Provided information:
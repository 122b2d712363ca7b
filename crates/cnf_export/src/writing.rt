//! Writing the clauses of a case, in pieces.
ghost use Rattle.std.specs.Prelude.{◌≡◌, ◌++◌, [], IsErrOf, OnErr, OnOk};
ghost use Rattle.std.specs.List.{flat_map};
ghost use Rattle.wf_outside.specs.Laws.Outside.{HasPart, Rose, with_bytes};
ghost use Rattle.cnf_export.specs.Text.{clause_line, dimacs_text};
ghost use Rattle.cnf_export.specs.Writing.{not_written, StaysUnlessUnwritten};

use crate::text::{push_clause, push_header};
use crate::{Encoder, Literals};
use basics::Fault;
use std::alloc::Global;
use wf_outside::{Failed, Sink, put_all, put_and_flush};

/// From how many bytes on the text is put.
const PIECE: usize = 65_536;

/// Why clauses were not written whole: the sink failed, and its count of faults has risen, or there
/// was no memory.
pub type WriteFault = Fault<Failed>;

/// Writes the text of all clauses, with an encoder that is before the first one, and lets it go. No
/// more of the text is kept than a piece and the line of one clause, so that after a fault the sink
/// holds a prefix of it.
pub fn write_clauses<K: Sink>(
    alloc: Global,
    encoder: &mut Encoder,
    sink: &mut K,
) -> Result<(), WriteFault>
    requires { encoder.old.left ≡ encoder.old.all }
    ensures all { OnOk result (K.held sink.new ≡ with_bytes (K.held sink.old)
        (dimacs_text encoder.old.variables encoder.old.all)) }
    ensures part { HasPart (K.held sink.old) (K.held sink.new)
        (dimacs_text encoder.old.variables encoder.old.all) }
    ensures flushed { OnOk result (K.is_flushed sink.new) }
    ensures rose { IsErrOf result not_written → Rose (K.faults sink.old) (K.faults sink.new) }
    ensures stays { StaysUnlessUnwritten result (K.faults sink.old) (K.faults sink.new) }
{
    let mut out = Vec::new(alloc);
    push_header(&mut out, encoder.variables(), encoder.clauses())?;
    write_left(encoder, sink, &mut out, &mut Literals::new(alloc))
}

// Writes what is kept of the text, and the clauses that are left. Each is held in `one` meanwhile.
fn write_left<K: Sink>(
    encoder: &mut Encoder,
    sink: &mut K,
    out: &mut Vec<u8>,
    one: &mut Literals,
) -> Result<(), WriteFault>
    ensures all { OnOk result (K.held sink.new ≡ with_bytes (K.held sink.old)
        (out.old.items ++ flat_map clause_line encoder.old.left)) }
    ensures part { HasPart (K.held sink.old) (K.held sink.new)
        (out.old.items ++ flat_map clause_line encoder.old.left) }
    ensures flushed { OnOk result (K.is_flushed sink.new) }
    ensures rose { IsErrOf result not_written → Rose (K.faults sink.old) (K.faults sink.new) }
    ensures stays { StaysUnlessUnwritten result (K.faults sink.old) (K.faults sink.new) }
{
    'writing: loop {
        if !encoder.next(one)? {
            return match put_and_flush(sink, out) {
                Ok(()) => Ok(()),
                Err(failed) => Err(Fault::Cause(failed)),
            };
        }
        push_clause(out, one)?;
        if out.len() >= PIECE {
            if let Err(failed) = put_piece(sink, out) {
                return Err(Fault::Cause(failed));
            }
        }
    }
}

// Puts what is kept of the text, and keeps it no longer.
fn put_piece<K: Sink>(sink: &mut K, out: &mut Vec<u8>) -> Result<(), Failed>
    ensures all { OnOk result (K.held sink.new ≡ with_bytes (K.held sink.old) out.old.items) }
    ensures part { HasPart (K.held sink.old) (K.held sink.new) out.old.items }
    ensures empty { OnOk result (out.new.items ≡ []) }
    ensures rose { OnErr result (Rose (K.faults sink.old) (K.faults sink.new)) }
    ensures stays { OnOk result (K.faults sink.new ≡ K.faults sink.old) }
{
    put_all(sink, out)?;
    out.clear();
    Ok(())
}
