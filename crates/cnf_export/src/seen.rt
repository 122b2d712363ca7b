//! What is true in a model.
ghost use Rattle.std.specs.Prelude.{◌≡◌, ◌≤◌, ◌<◌, ◌+◌, ◌^◌, ℕ};
ghost use Rattle.cnf_export.specs.Laws.Clauses.{is_true, satisfies};
ghost use Rattle.cnf_export.specs.Models.{last_below};
ghost use Rattle.cnf_export.specs.Saying.{has_variable};

use crate::{Literals, Model};

/// Whether a variable is in a model.
pub(crate) fn has_variable(m: &Model, v: usize) -> bool
    ensures { result ≡ has_variable m.now v }
{
    match m.as_slice().get(v) {
        Some(flag) => *flag,
        None => false,
    }
}

/// Whether a model makes a literal true.
pub(crate) fn is_true(m: &Model, l: &i32) -> bool
    ensures { result ≡ is_true (has_variable m.now) l.now }
{
    let l = *l;
    if l > 0 {
        has_variable(m, (l - 1) as usize)
    } else if l < 0 {
        !has_variable(m, (-(l + 1)) as usize)
    } else {
        false
    }
}

/// Whether a model satisfies a clause.
pub(crate) fn satisfied(m: &Model, clause: &Literals) -> bool
    ensures { result ≡ satisfies (has_variable m.now) clause.now }
{
    'literals: for k in 0..clause.len() {
        if is_true(m, clause.get(k)) {
            return true;
        }
    }
    false
}

/// The last of the `n` variables from `first` on that is in a model, counted from `first`; or 0.
pub(crate) fn last_seen(m: &Model, first: usize, n: u16) -> u16
    requires { first < 2 ^ 32 }
    ensures { result ≡ last_below n (λ u. has_variable m.now (first + u)) }
{
    let mut below = n;
    'users: while below > 0 {
        below -= 1;
        if has_variable(m, first + below as usize) {
            return below;
        }
    }
    0
}
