//! How many clauses and literals there are.
ghost use Rattle.std.specs.Prelude.{◌≡◌, ◌≤◌, ◌<◌, length, IfOk, IsErrOf, OnOk};
ghost use Rattle.wf_names.specs.declared.limits.TheConstants.{STEP_LIMIT};
ghost use Rattle.cnf_export.specs.Laws.Encodings.{literals};
ghost use Rattle.cnf_export.specs.Positions.{left_from};
ghost use Rattle.cnf_export.specs.Sizes.{empties};
ghost use Rattle.cnf_export.specs.Terms.{encoding_in};
ghost use Rattle.cnf_export.specs.Fault.{too_large};
ghost use Rattle.cnf_export.specs.declared.tally.TheConstants.{LITERAL_LIMIT};

use crate::Literals;
use crate::fault::{CnfFault, TooLarge};
use crate::group::Group;
use crate::position::{Position, give};
use crate::terms::Terms;
use basics::Fault;

/// Most literals of all clauses.
pub const LITERAL_LIMIT: usize = 20_000_000;

/// How many clauses are left; or that they have too many literals. Each is made in `one`, and none
/// is kept.
pub(crate) fn count(
    terms: &Terms,
    groups: &[Group],
    at: &mut Position,
    one: &mut Literals,
) -> Result<u32, CnfFault>
    requires { empties (left_from (encoding_in terms.now) groups.now at.old) ≤ STEP_LIMIT }
    ensures clauses { IfOk result
        (λ n. n ≡ length (left_from (encoding_in terms.now) groups.now at.old)) }
    ensures few { OnOk result (literals
        (left_from (encoding_in terms.now) groups.now at.old) ≤ LITERAL_LIMIT) }
    ensures large { IsErrOf result too_large
        → LITERAL_LIMIT < literals (left_from (encoding_in terms.now) groups.now at.old) }
{
    let mut clauses = 0u32;
    let mut size = 0usize;
    'counting: loop {
        if !give(terms, groups, at, one)? {
            return Ok(clauses);
        }
        if one.len() > LITERAL_LIMIT - size {
            return Err(Fault::Cause(TooLarge));
        }
        size += one.len();
        clauses += 1;
    }
}
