//! How large a workflow is.
ghost use Rattle.std.specs.Prelude.{◌≡◌, ◌≤◌};
ghost use Rattle.wf_names.specs.declared.limits.TheConstants.{STEP_LIMIT, USER_LIMIT};
ghost use Rattle.policy_book.specs.Course.{problem_in};

use policy_book::Course;

/// How many steps a workflow has.
pub(crate) fn step_count(course: &Course) -> u8
    ensures count { result ≡ (problem_in course.now).steps }
    ensures few { result ≤ STEP_LIMIT }
{
    course.flow().steps().len() as u8
}

/// How many users there are.
pub(crate) fn user_count(course: &Course) -> u16
    ensures count { result ≡ (problem_in course.now).users }
    ensures few { result ≤ USER_LIMIT }
{
    course.policy.roster().users().len()
}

What is needed:
Where the string "empties" appears in a line of the entries, count that line, and state the total alone.

Answer section:
2